Cet uranium avait été extrait de la mine de Shinkolobwe (Katanga) et fourni aux États-Unis à partir de septembre 1942 par l’Union minière du Haut Katanga (UMHK), selon le professeur Coolsaet, qui en fait mention dans un livre. Tout comme l’écrivain Luc Barbé dans son ouvrage « België en de bom ». Le reste de l’uranium utilisé par les États-Unis pour leur projet Manhattan provenait du Canada, avait précisé le professeur Coolsaet en 2005 à l’agence Belga lors du 60ème anniversaire de l’explosion de la première bombe A de l’histoire, lors d’un essai baptisé « Trinity », en plein désert du Nouveau-Mexique (sud-ouest des Etats-Unis). Rik Coolsaet, ancien chef de cabinet adjoint au ministère de la Défense et aux Affaires étrangères, est l’auteur d’un ouvrage intitulé « België en zijn buitenlandse politiek, 1830-2000 » (« La Belgique et sa politique étrangère ») paru en octobre 2001 aux éditions Van Halewyck, dans lequel il explique que la fabrication de ces bombes n’a été possible qu’avec la fourniture d’uranium provenant de Shinkolobwe, près de Likasi (Jadotville du temps de la colonisation belge).
Selon lui, les livraisons ont débuté en septembre 1942, quelques mois seulement après que les États-Unis eurent décidé de développer des armes nucléaires par crainte d’un programme similaire en Allemagne. Les mines d’uranium du Katanga (sud-est du Congo) étaient à l’époque les plus importantes et les plus riches au monde. En 1939, un ingénieur belge, Edgar Sengier, alors directeur de la Société Générale et directeur général de l’UMHK, qui avait compris les possibilités futures de l’uranium, avait ordonné en 1939 que la moitié du stock disponible en Afrique, soit un millier de tonnes, soit envoyée en secret à New York, de peur qu’il ne tombe entre des mains ennemies. Sengier lui-même partit pour New York lors du déclenchement de la guerre afin de conduire les opérations mondiales de l’Union Minière pendant l’occupation. Pourtant, l’uranium resta oublié dans un entrepôt de Staten Island. En septembre 1942, le colonel (devenu ensuite général) Kenneth Nichols, qui avait été chargé par le patron du projet Manhattan, le général Leslie Groves, de trouver de l’uranium, rendit visite à M. Sengier à son bureau de New York.
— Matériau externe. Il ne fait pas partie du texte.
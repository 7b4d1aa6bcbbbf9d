// For the layers above: counting and asking of a store that its caller knows to be sound, so that a report does not test the
// store once an interval.
ghost use Rattle.std.specs.Prelude.{◌≡◌, List, ℕ};
ghost use Rattle.model.specs.Store.{store_refusal};
ghost use Rattle.store.specs.Outcomes.{store_in};
ghost use Rattle.cuts.specs.Outcomes.{TalliedAt, counted, count_in, asked, ask_in};
ghost use Rattle.cuts.specs.Ranges.{with_held};

pub use crate::sound::Sound;
use model::{Cut, Job, Position, Refusal};
use questions::{Holdings, question_fits};
use store::Trace;
use walks::counting::count_span;
use walks::finding::first_meeting;

#[tactic(auto, using(crate::proofs::Answers::count_walked))]
pub fn count_interval(trace: Sound, position: Position) -> Result<u64, Refusal>
    ensures { (held : List ℕ) → counted result ≡ count_in (with_held trace.entry held) position.0 }
{
    let walk = trace.interval(position).ok_or(Refusal::NoSuchPosition)?;
    count_span(&walk).ok_or(Refusal::CountTooLarge)
}

// The same where the tallies after the position are at hand, as in counting interval after interval.
#[tactic(auto, using(crate::proofs::Answers::count_walked))]
pub fn count_interval_with(
    trace: Sound,
    position: Position,
    tallies: [u8; 8],
) -> Result<u64, Refusal>
    requires { TalliedAt trace.record trace.order.now position.0 tallies }
    ensures { (held : List ℕ) → counted result ≡ count_in (with_held trace.entry held) position.0 }
{
    let walk = trace.interval_to(position, tallies);
    count_span(&walk).ok_or(Refusal::CountTooLarge)
}

// The first cut of a job's range that meets its question.
// Asked and no type: Sound has no held values, and this reads them.
pub fn answer_job(trace: Trace, job: Job) -> Result<Option<Cut>, Refusal>
    requires { store_refusal (store_in trace) ≡ 0 }
    ensures { asked result ≡ ask_in (store_in trace.entry) job }
{
    // Three fields, and each place shows the fact by its own.
    let sound = Sound {
        record: trace.record,
        clocks: trace.clocks,
        order: trace.order,
    };
    let walk = sound.range(job.range).ok_or(Refusal::NoSuchPosition)?;
    if !question_fits(trace.record.tablets as usize, job.question) {
        return Err(Refusal::BadSet);
    }
    let holdings = Holdings { held: trace.held };
    Ok(first_meeting(&walk, holdings, job.question))
}
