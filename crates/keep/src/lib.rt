// A record kept in the tablet's own copy of a reader's log: the call, `keep`; what it leaves, `theorems`.
#![tactic(auto)]

pub mod keep;
pub mod theorems;
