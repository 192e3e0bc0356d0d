use cable_tree::{Above, Port, Tree, TreeRow};
use std::alloc::Global;

/// The sum of the spans, arrivals and port times of so many trees.
pub(crate) fn path_sums(alloc: Global, times: u32) -> Option<u64> {
    let line = rows(alloc, 1)?;
    let broad = rows(alloc, 3)?;
    let mut sum: u64 = 0;
    for turn in 0..times {
        let rows = if turn % 2 == 0 { &line } else { &broad };
        sum = sum.wrapping_add(sums_of(alloc, rows)?);
    }
    Some(sum)
}

// 256 slaves with so many children each, as long as there are slaves.
fn rows(alloc: Global, children: u16) -> Option<Vec<TreeRow>> {
    let ports = [Port::P3, Port::P1, Port::P2];
    let mut rows = Vec::new(alloc);
    for row in 0..256 {
        let above = match row {
            0 => None,
            _ => Some(Above {
                row: (row - 1) / children.max(1),
                port: ports[usize::from((row - 1) % children.max(1)) % 3],
            }),
        };
        rows.push(TreeRow::new(above, 310, 300, 50_000)?).ok()?;
    }
    Some(rows)
}

// The path sums of the tree of these rows.
fn sums_of(alloc: Global, rows: &[TreeRow]) -> Option<u64> {
    if rows.len() > 256 {
        return None;
    }
    let tree = Tree::new(alloc, rows).ok()?;
    let mut sum = tree.round_trip();
    for &row in tree.order() {
        if usize::from(row) >= tree.len() {
            return None;
        }
        sum = sum
            .wrapping_add(tree.span(row))
            .wrapping_add(tree.arrive(row));
        for port in [Port::P3, Port::P1, Port::P2] {
            sum = sum.wrapping_add(tree.port_time(row, port).unwrap_or(0));
        }
    }
    Some(sum)
}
L’officier demanda à M. Sengier si l’Union minière pouvait fournir de l’uranium, précisant qu’il comprenait que cette demande serait peut-être difficile à satisfaire rapidement.
La réponse de M. Sengier est entrée dans l’histoire: « vous pouvez avoir le minerai maintenant. Il est à New York, 1.000 tonnes. J’attendais votre visite ». M. Sengier établit immédiatement un contrat de vente et le minerai de Staten Island, sur la rivière Hudson, fut transféré à l’armée américaine qui obtenait en même temps une option sur les 1.000 tonnes encore stockées à Shinkolobwe. Selon le professeur Coolsaet, ce n’est qu’en mars 1944 que le gouvernement belge, alors en exil à Londres, a été – partiellement – informé des contrats passés entre l’Union minière et les Etats-Unis. Ils ne les auraient approuvés qu’en septembre 1944, alors que le projet Manhattan – le développement, dans le plus grand secret de la bombe atomique – était déjà bien lancé, puis qu’il avait débuté en 1943. D’autres sources affirment que les livraisons d’uranium du Congo belge ont représenté 70 à 75% des quantités nécessaires pour la recherche et le développement des premières bombes atomiques et font état de la livraison d’environ 30.000 tonnes de minerai d’uranium et de thorium. A la fin du mois de juin, trois bombes étaient prêtes. Deux d’entre elles, « Little Boy » (à l’uranium) et « Fat Man » (au plutonium), s’apprêtaient à embarquer pour le Pacifique, mais il fallait encore vérifier le bon fonctionnement de l’arme la plus puissante jamais produite. Ce qui s’est produit le 16 juillet à 05h29 et 45 secondes locales à Alamogordo, un lieu-dit au nom prédestiné de « voyage de la mort » et qui fait actuellement partie du White Sands Missile Range, un centre d’essais de l’armée américaine.